The planned transfer of activities from the SRS to Diamond went well for protein crystallography. The developments in automation and data handling which took place on the SRS formed a good basis for further developments at Diamond. SRS staff were involved in the specification and design of the initial facilities at Diamond with some staff (Liz Duke, Katherine McAuley, Alun Ashton, Graeme Winter, Colin Nave) taking up positions at the new facility. The strength of the UK academic user program on the SRS, together with the industrial and European program meant that a high demand existed for the protein crystallography facilities on Diamond when the SRS closed.
Examples of both academic and industrial uses of the protein crystallography facilities on the SRS can be found in the document The Social and Economic Impact of the Daresbury Synchrotron Radiation Source (1981- 2008), which can be downloaded.
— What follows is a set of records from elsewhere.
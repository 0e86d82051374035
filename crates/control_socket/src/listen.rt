//! Each client that connects is served in a thread of its own.
ghost use Rattle.std.specs.Prelude.{IfNone};

use crate::places::{AT_ONCE, Place, Stopwatch, free_place, free_places, make_room};
use crate::reader::ControlReader;
use crate::waits::is_quiet;
use crate::writer::ControlWriter;
use std::io::{Read, Write};
use std::os::fd::OwnedFd;
use std::os::unix::net::{UnixListener, UnixStream};
use std::sync::Wait;
use std::thread::{Scope, Threads};
use std::time::{Clock, Duration};
use std::{io, thread};

/// The longest wait of a read or a write of a connection, in milliseconds. After it, an operator's reader gives
/// `WouldBlock`.
const WAIT_MS: u64 = 250;

/// The longest wait of an accept, and the pause after a failed one, in milliseconds.
const ACCEPT_WAIT_MS: u64 = 100;

/// The time between two checks for a free place, in milliseconds.
const ROOM_WAIT_MS: u64 = 10;

/// What a connection knows about its run.
pub trait Watch {
    ghost use Rattle.std.specs.Prelude.{◌≡◌, true, ⊤};

    /// The run may be asked to end.
    ghost may_close: { Self → Type 0 } = { λ _. ⊤ };

    /// Tests whether the run should end.
    fn is_closing(&self) -> bool
        ensures { result ≡ true → may_close self.now };
}

/// Answers the lines of a connection.
pub trait Operator {
    /// Serves one connection, up to its end. A read that has waited for a while gives `WouldBlock`.
    fn operate<I: Read, O: Write>(&self, reader: &mut I, writer: &mut O);
}

/// Bounds the wait of an accept. The option belongs to the socket, whichever handle sets it.
fn bound_accepts(listener: &UnixListener) -> io::Result<()> {
    let handle = UnixStream::from(OwnedFd::from(listener.try_clone()?));
    handle.set_read_timeout(Some(Duration::from_millis(ACCEPT_WAIT_MS)))
}

/// Bounds the waits of a connection.
fn bound_waits(stream: &UnixStream) -> io::Result<()> {
    stream.set_read_timeout(Some(Duration::from_millis(WAIT_MS)))?;
    stream.set_write_timeout(Some(Duration::from_millis(WAIT_MS)))
}

/// Serves one connection.
fn attend<R: Clock, P: Operator, W: Watch>(
    stream: &UnixStream,
    place: &Place,
    clock: &Stopwatch<'_, R>,
    watch: &W,
    operator: &P,
) {
    if bound_waits(stream).is_err() {
        return;
    }
    let mut reader = ControlReader {
        stream,
        place,
        clock,
    };
    let mut writer = ControlWriter {
        stream,
        place,
        clock,
        watch,
    };
    operator.operate(&mut reader, &mut writer);
}

/// Runs the thread of one connection.
fn attend_one<R: Clock, P: Operator, W: Watch>(
    stream: UnixStream,
    place: &Place,
    clock: &Stopwatch<'_, R>,
    watch: &W,
    operator: &P,
) {
    attend(&stream, place, clock, watch, operator);
    drop(stream);
    place.leave();
}

/// Waits for a place, while the operator who has been idle longest makes room. `None`: the run should end.
fn await_place<'a, R: Wait + Clock, W: Watch>(
    rt: &R,
    places: &'a [Place; AT_ONCE],
    clock: &Stopwatch<'_, R>,
    watch: &W,
) -> Option<&'a Place>
    ensures { IfNone result (W.may_close watch.now) }
{
    let came_ms = clock.now_ms();
    for _ in rt.forever() {
        if watch.is_closing() {
            return None;
        }
        if let Some(place) = free_place(places) {
            return Some(place);
        }
        make_room(places, came_ms, clock.now_ms());
        thread::sleep(rt, Duration::from_millis(ROOM_WAIT_MS));
    }
    unreachable!()
}

/// Serves the clients that connect, each in a thread of the scope, until the run should end.
fn accept_until_closing<
    's,
    E: 's,
    R: Wait + Threads + Clock + Sync,
    P: Operator + Sync,
    W: Watch + Sync,
>(
    scope: &Scope<'s, E>,
    listener: &UnixListener,
    rt: &R,
    places: &'s [Place; AT_ONCE],
    clock: &'s Stopwatch<'s, R>,
    watch: &'s W,
    operator: &'s P,
)
    ensures { W.may_close watch.now }
{
    for _ in rt.forever() {
        if watch.is_closing() {
            return;
        }
        match listener.accept() {
            Ok((stream, _)) => {
                let Some(place) = await_place(rt, places, clock, watch) else {
                    return;
                };
                place.take(clock.now_ms());
                if scope
                    .spawn(move || attend_one(stream, place, clock, watch, operator))
                    .is_err()
                {
                    place.leave();
                }
            }
            Err(error) if is_quiet(error.kind()) => {}
            Err(_) => thread::sleep(rt, Duration::from_millis(ACCEPT_WAIT_MS)),
        }
    }
}

/// Serves the clients that connect until the run should end, and waits for the ends of all connections. Four are served
/// at once; for a fifth, the one that has been idle longest ends. A connection whose thread can't be started ends at
/// once. The only fault is a listener whose waits can't be bounded: then nobody was served.
pub fn listen_on<R: Wait + Threads + Clock + Sync, P: Operator + Sync, W: Watch + Sync>(
    rt: &R,
    listener: &UnixListener,
    watch: &W,
    operator: &P,
) -> io::Result<()> {
    bound_accepts(listener)?;
    let all = free_places();
    let places = &all;
    let stopwatch = Stopwatch::new(rt);
    let clock = &stopwatch;
    thread::scope(thread::scope_env(), rt, |scope| {
        accept_until_closing(scope, listener, rt, places, clock, watch, operator)
    });
    Ok(())
}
The pace of developments in protein crystallography on synchrotrons shows no signs of abating. These include new and upgraded sources with higher brightness (multi-bend achromats and free electron lasers) together with beamline optics, detectors and data handling. All of this will result in more challenging structural biology projects becoming feasible. Things have come a long way since John Helliwell’s proposal to use synchrotron radiation for protein crystallography at Daresbury, nearly 40 years ago. This contribution initiated a strong synchrotron radiation program for protein crystallography in the UK, based on the facilities at the SRS.
Personal note
I joined Daresbury Laboratory in 1982 and worked closely with John Helliwell in developing the initial facilties for small angle x-ray scattering on the SRS before becoming Facility Group Leader for Protein Crystallography in 1987. I continued in this position until 2003 after which I took up an Individual Merit position, concentrating on developments for protein crystallography on synchrotrons. In 2007 I retired from Daresbury Laboratory and took up a part time position at the Diamond Light Source. I am extremely grateful for the opportunity that the SRS has given me for pursuing an interesting career in an exciting area of science together with the productive and enjoyable interactions with the many colleagues at Daresbury and the users of the SRS.